## REQUIRED WORK
Every single entry should be printed exactly.

★ ★ ★ ★ ★

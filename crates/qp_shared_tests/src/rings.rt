//! Posts of a source's lane that rings.

ghost use Rattle.std.specs.Prelude.{◌≡◌, ◌<◌, IsTrue};
ghost use Rattle.qp_model.specs.Parts.{is_static};
ghost use Rattle.qp_model.specs.Sound.{IsSound};
ghost use Rattle.qp_model.specs.WordLaw.{is_object};
ghost use Rattle.qp_shared.specs.Starting.{IsRootOf};
ghost use Rattle.qp_wait.specs.Handed as handed;
ghost use Rattle.qp_wait.specs.Handed.{AreBellsOf};
ghost use Rattle.qp_shared_tests.specs.Lamps.{HasGrown, IsLamp, IsLampLane};

use crate::lamps::{is_lamp, lamp};
use crate::lanes::triple;
use qp_base::Steps;
use qp_calls::{Did, Ops, post_static};
use qp_model::System;
use qp_shared::{Root, Shared};
use qp_wait::{BellLane, BellRoot, Bells};
use qp_wait_rings::RingingLane;
use std::alloc::Global;
use std::marker::Brand;
use std::sync::ledger::{Blank, Ledger};

/// What two posts answer, and the notes given to object 1 behind each.
type Answers = ((u16, u32), (u16, u32));

/// Posts the first signal to object 1. The answer of the call; None where there was no room.
fn post_go<O: Ops, L: Ledger>(ops: &mut O, margin: Option<u8>, blank: Blank) -> Option<u16>
    requires name { blank.name ≡ L.name }
    requires parts { blank.parts ≡ L.parts }
    requires some { 0 < blank.parts }
    requires object { IsTrue (is_object (O.lane ops.old).sys 1) }
    requires fixed { IsTrue (is_static (O.lane ops.old).sys 4) }
    ensures { HasGrown (O.lane ops.old) (O.lane ops.new) }
{
    let mut steps = Steps::<L>::open(blank);
    match post_static(ops, 1, 4, margin, &mut steps) {
        Ok(Did::Value(value)) => Some(value),
        _ => None,
    }
}

/// A post: its answer, and the notes that the lane gave to object 1.
fn post_and_count(lane: &mut BellLane<'_>, margin: Option<u8>) -> Option<(u16, u32)>
    requires { IsLampLane lane.old }
    ensures { IsLampLane lane.new }
{
    let value = post_go::<RingingLane<'_>, Brand>(&mut lane.ringing, margin, Blank::new(1))?;
    Some((value, lane.rings(1)))
}

/// Two posts, the second one with margin 0.
fn post_both(lane: &mut BellLane<'_>) -> Option<Answers>
    requires { IsLampLane lane.old }
{
    let first = post_and_count(lane, None)?;
    let second = post_and_count(lane, Some(0))?;
    Some((first, second))
}

/// The source's lane posts twice, over these tables and bells.
fn post_over<'a>(
    alloc: Global,
    sys: &System,
    shared: &'a Shared<'_>,
    root: Root,
    bells: &'a Bells,
    bell_root: &mut BellRoot,
) -> Option<Answers>
    requires root { IsRootOf shared.now root }
    requires its { shared.now.sys.now ≡ sys.now }
    requires lamp { IsLamp sys.now }
    requires bells { AreBellsOf sys.now bells.now }
    requires bell_root { handed.IsBellRootOf bells.now bell_root.old }
{
    let (_, _, last) = triple(shared, root, sys)?;
    let Ok(mut lane) = bells.bell(alloc, bell_root, last, 0) else {
        return None;
    };
    post_both(&mut lane)
}

/// The same over tables and bells of a lamp.
fn post_twice(alloc: Global, sys: &System) -> Option<Answers>
    requires sound { IsSound sys.now }
    requires lamp { IsLamp sys.now }
{
    let Ok((shared, root)) = Shared::new(alloc, sys) else {
        return None;
    };
    let Ok((bells, mut bell_root)) = Bells::new(alloc, sys) else {
        return None;
    };
    post_over(alloc, sys, &shared, root, &bells, &mut bell_root)
}

/// What two posts answer over a lamp with this queue, and the notes behind each.
fn posts(alloc: Global, queue: u8) -> Option<Answers> {
    let sys = lamp(alloc, queue)?;
    if is_lamp(&sys) {
        post_twice(alloc, &sys)
    } else {
        None
    }
}

#[test]
fn posts_ring(rt: HostRuntime) {
    assert_eq!(rt; posts(rt.alloc(), 1), Some(((1, 1), (1, 2))));
}

#[test]
fn refused_posts_do_not(rt: HostRuntime) {
    assert_eq!(rt; posts(rt.alloc(), 0), Some(((1, 1), (0, 1))));
}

★ ★ ★ ★ ★

## ANSWER TO THIS PROBLEM
filename crates/qp_shared_tests/src/rings.rt
//! Posts of a source's lane that rings.

ghost use Rattle.std.specs.Prelude.{◌≡◌, ◌<◌, IsTrue};
ghost use Rattle.qp_model.specs.Parts.{is_static};
ghost use Rattle.qp_model.specs.Sound.{IsSound};
ghost use Rattle.qp_model.specs.WordLaw.{is_object};
ghost use Rattle.qp_shared.specs.Starting.{IsRootOf};
ghost use Rattle.qp_wait.specs.Handed as handed;
ghost use Rattle.qp_wait.specs.Handed.{AreBellsOf};
ghost use Rattle.qp_shared_tests.specs.Lamps.{HasGrown, IsLamp, IsLampLane};

use crate::lamps::{is_lamp, lamp};
use crate::lanes::triple;
use qp_base::Steps;
use qp_calls::{Did, Ops, post_static};
use qp_model::System;
use qp_shared::{Root, Shared};
use qp_wait::{BellLane, BellRoot, Bells};
use qp_wait_rings::RingingLane;
use std::alloc::Global;
use std::marker::Brand;
use std::sync::ledger::{Blank, Ledger};

/// What two posts answer, and the notes given to object 1 behind each.
type Answers = ((u16, u32), (u16, u32));

/// Posts the first signal to object 1. The answer of the call; None where there was no room.
fn post_go<O: Ops, L: Ledger>(ops: &mut O, margin: Option<u8>, blank: Blank) -> Option<u16>
    requires name { blank.name ≡ L.name }
    requires parts { blank.parts ≡ L.parts }
    requires some { 0 < blank.parts }
    requires object { IsTrue (is_object (O.lane ops.old).sys 1) }
    requires fixed { IsTrue (is_static (O.lane ops.old).sys 4) }
    ensures { HasGrown (O.lane ops.old) (O.lane ops.new) }
{
    let mut steps = Steps::<L>::open(blank);
    match post_static(ops, 1, 4, margin, &mut steps) {
        Ok(Did::Value(value)) => Some(value),
        _ => None,
    }
}

/// A post: its answer, and the notes that the lane gave to object 1.
fn post_and_count(lane: &mut BellLane<'_>, margin: Option<u8>) -> Option<(u16, u32)>
    requires { IsLampLane lane.old }
    ensures { IsLampLane lane.new }
{
    let value = post_go::<RingingLane<'_>, Brand>(&mut lane.ringing, margin, Blank::new(1))?;
    Some((value, lane.rings(1)))
}

/// Two posts, the second one with margin 0.
fn post_both(lane: &mut BellLane<'_>) -> Option<Answers>
    requires { IsLampLane lane.old }
{
    let first = post_and_count(lane, None)?;
    let second = post_and_count(lane, Some(0))?;
    Some((first, second))
}

/// The source's lane posts twice, over these tables and bells.
fn post_over<'a>(
    alloc: Global,
    sys: &System,
    shared: &'a Shared<'_>,
    root: Root,
    bells: &'a Bells,
    bell_root: &mut BellRoot,
) -> Option<Answers>
    requires root { IsRootOf shared.now root }
    requires its { shared.now.sys.now ≡ sys.now }
    requires lamp { IsLamp sys.now }
    requires bells { AreBellsOf sys.now bells.now }
    requires bell_root { handed.IsBellRootOf bells.now bell_root.old }
{
    let (_, _, last) = triple(shared, root, sys)?;
    let Ok(mut lane) = bells.bell(alloc, bell_root, last, 0) else {
        return None;
    };
    post_both(&mut lane)
}

/// The same over tables and bells of a lamp.
fn post_twice(alloc: Global, sys: &System) -> Option<Answers>
    requires sound { IsSound sys.now }
    requires lamp { IsLamp sys.now }
{
    let Ok((shared, root)) = Shared::new(alloc, sys) else {
        return None;
    };
    let Ok((bells, mut bell_root)) = Bells::new(alloc, sys) else {
        return None;
    };
    post_over(alloc, sys, &shared, root, &bells, &mut bell_root)
}

/// What two posts answer over a lamp with this queue, and the notes behind each.
fn posts(alloc: Global, queue: u8) -> Option<Answers> {
    let sys = lamp(alloc, queue)?;
    if is_lamp(&sys) {
        post_twice(alloc, &sys)
    } else {
        None
    }
}

#[test]
fn posts_ring(rt: HostRuntime) {
    assert_eq!(rt; posts(rt.alloc(), 1), Some(((1, 1), (1, 2))));
}

#[test]
fn refused_posts_do_not(rt: HostRuntime) {
    assert_eq!(rt; posts(rt.alloc(), 0), Some(((1, 1), (0, 1))));
}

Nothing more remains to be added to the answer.